# [About this task]
What lines in the following entries hold the word "leaves"? Copy each one.

"""

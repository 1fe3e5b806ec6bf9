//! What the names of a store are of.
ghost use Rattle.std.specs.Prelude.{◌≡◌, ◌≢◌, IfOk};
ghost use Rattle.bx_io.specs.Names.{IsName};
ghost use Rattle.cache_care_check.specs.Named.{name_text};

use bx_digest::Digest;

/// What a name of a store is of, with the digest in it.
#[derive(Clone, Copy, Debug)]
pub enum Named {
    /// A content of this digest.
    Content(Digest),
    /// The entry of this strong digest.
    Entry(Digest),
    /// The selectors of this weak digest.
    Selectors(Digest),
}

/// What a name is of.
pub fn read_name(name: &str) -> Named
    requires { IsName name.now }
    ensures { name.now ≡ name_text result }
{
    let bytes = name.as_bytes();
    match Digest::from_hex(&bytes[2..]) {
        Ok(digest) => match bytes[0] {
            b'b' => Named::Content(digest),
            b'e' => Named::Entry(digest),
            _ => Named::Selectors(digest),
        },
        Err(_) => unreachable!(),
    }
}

"""
"""

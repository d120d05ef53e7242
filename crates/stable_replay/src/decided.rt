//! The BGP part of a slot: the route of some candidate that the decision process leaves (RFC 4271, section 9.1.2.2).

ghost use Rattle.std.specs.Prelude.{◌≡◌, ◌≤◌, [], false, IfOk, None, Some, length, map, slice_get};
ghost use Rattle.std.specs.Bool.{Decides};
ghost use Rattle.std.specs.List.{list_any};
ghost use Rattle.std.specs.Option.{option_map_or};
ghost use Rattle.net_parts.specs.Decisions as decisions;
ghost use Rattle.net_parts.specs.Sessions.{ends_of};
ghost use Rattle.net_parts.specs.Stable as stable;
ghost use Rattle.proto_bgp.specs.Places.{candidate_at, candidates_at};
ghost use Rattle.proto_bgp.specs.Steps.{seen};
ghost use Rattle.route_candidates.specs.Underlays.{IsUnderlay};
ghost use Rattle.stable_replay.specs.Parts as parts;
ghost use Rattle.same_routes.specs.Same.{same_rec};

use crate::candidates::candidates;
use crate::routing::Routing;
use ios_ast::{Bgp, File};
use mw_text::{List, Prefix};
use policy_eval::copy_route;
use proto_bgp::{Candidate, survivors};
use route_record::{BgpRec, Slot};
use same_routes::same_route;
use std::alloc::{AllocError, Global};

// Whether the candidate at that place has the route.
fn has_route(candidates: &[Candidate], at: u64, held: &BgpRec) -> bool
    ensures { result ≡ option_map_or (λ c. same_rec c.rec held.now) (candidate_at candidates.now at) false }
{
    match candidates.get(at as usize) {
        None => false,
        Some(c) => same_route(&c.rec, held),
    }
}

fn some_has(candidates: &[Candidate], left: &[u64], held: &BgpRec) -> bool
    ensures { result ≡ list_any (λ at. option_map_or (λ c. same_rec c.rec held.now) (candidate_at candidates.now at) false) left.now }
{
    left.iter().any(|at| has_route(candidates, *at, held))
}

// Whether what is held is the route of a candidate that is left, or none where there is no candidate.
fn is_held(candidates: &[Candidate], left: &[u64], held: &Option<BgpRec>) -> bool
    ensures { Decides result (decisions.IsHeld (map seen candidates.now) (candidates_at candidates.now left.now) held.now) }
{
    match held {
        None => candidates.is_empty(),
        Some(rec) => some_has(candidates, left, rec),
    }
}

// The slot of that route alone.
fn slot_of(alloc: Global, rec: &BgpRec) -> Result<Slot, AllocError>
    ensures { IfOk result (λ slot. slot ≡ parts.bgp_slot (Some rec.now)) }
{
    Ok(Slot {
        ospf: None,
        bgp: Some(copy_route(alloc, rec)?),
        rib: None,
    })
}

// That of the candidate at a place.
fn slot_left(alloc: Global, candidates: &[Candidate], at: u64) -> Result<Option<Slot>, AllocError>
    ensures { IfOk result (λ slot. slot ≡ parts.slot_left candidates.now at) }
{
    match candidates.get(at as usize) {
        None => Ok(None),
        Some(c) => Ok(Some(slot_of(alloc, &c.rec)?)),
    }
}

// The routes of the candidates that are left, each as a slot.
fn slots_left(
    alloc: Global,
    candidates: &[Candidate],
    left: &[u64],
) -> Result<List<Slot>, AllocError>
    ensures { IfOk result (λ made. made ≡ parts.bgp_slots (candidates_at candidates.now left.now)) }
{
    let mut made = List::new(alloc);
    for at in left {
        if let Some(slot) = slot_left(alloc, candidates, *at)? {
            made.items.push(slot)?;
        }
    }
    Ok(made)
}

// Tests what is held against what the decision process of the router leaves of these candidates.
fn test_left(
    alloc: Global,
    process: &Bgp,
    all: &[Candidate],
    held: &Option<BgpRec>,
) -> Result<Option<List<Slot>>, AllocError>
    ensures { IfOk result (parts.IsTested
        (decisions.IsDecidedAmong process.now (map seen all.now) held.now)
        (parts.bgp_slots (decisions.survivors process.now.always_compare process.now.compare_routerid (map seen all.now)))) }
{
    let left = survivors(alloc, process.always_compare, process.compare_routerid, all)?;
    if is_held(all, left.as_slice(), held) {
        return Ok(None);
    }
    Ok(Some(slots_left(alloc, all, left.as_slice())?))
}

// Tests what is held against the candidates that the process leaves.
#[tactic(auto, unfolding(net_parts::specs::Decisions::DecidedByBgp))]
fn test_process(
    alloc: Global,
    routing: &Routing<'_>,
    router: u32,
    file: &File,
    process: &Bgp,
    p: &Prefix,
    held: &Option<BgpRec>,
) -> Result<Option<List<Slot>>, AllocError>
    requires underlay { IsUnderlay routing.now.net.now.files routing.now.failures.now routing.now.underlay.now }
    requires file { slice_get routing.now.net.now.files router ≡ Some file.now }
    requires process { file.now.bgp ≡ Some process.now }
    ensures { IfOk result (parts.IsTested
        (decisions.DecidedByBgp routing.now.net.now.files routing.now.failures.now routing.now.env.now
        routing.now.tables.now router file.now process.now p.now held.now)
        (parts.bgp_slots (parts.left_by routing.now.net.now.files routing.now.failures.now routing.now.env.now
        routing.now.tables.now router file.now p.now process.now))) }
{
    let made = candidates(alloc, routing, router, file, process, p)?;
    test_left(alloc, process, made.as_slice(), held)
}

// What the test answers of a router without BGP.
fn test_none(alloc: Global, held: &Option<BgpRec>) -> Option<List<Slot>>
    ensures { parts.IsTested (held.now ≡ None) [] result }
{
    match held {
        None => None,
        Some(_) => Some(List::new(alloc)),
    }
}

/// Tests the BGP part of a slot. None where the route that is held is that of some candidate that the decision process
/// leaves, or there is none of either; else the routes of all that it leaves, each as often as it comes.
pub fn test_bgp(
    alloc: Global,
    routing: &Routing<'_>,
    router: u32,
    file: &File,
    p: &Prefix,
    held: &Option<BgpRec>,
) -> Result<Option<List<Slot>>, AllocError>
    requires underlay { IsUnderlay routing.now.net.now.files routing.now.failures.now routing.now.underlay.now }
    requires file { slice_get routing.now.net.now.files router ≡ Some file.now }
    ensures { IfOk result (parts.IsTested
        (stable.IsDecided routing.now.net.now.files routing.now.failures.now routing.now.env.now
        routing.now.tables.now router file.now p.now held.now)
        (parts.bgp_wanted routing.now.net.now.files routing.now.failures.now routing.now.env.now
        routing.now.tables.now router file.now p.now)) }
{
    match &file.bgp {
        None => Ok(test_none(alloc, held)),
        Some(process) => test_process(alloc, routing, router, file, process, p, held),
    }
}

"""

# [Worked solution]
//! The BGP part of a slot: the route of some candidate that the decision process leaves (RFC 4271, section 9.1.2.2).
// Tests what is held against what the decision process of the router leaves of these candidates.
// Tests what is held against the candidates that the process leaves.
/// leaves, or there is none of either; else the routes of all that it leaves, each as often as it comes.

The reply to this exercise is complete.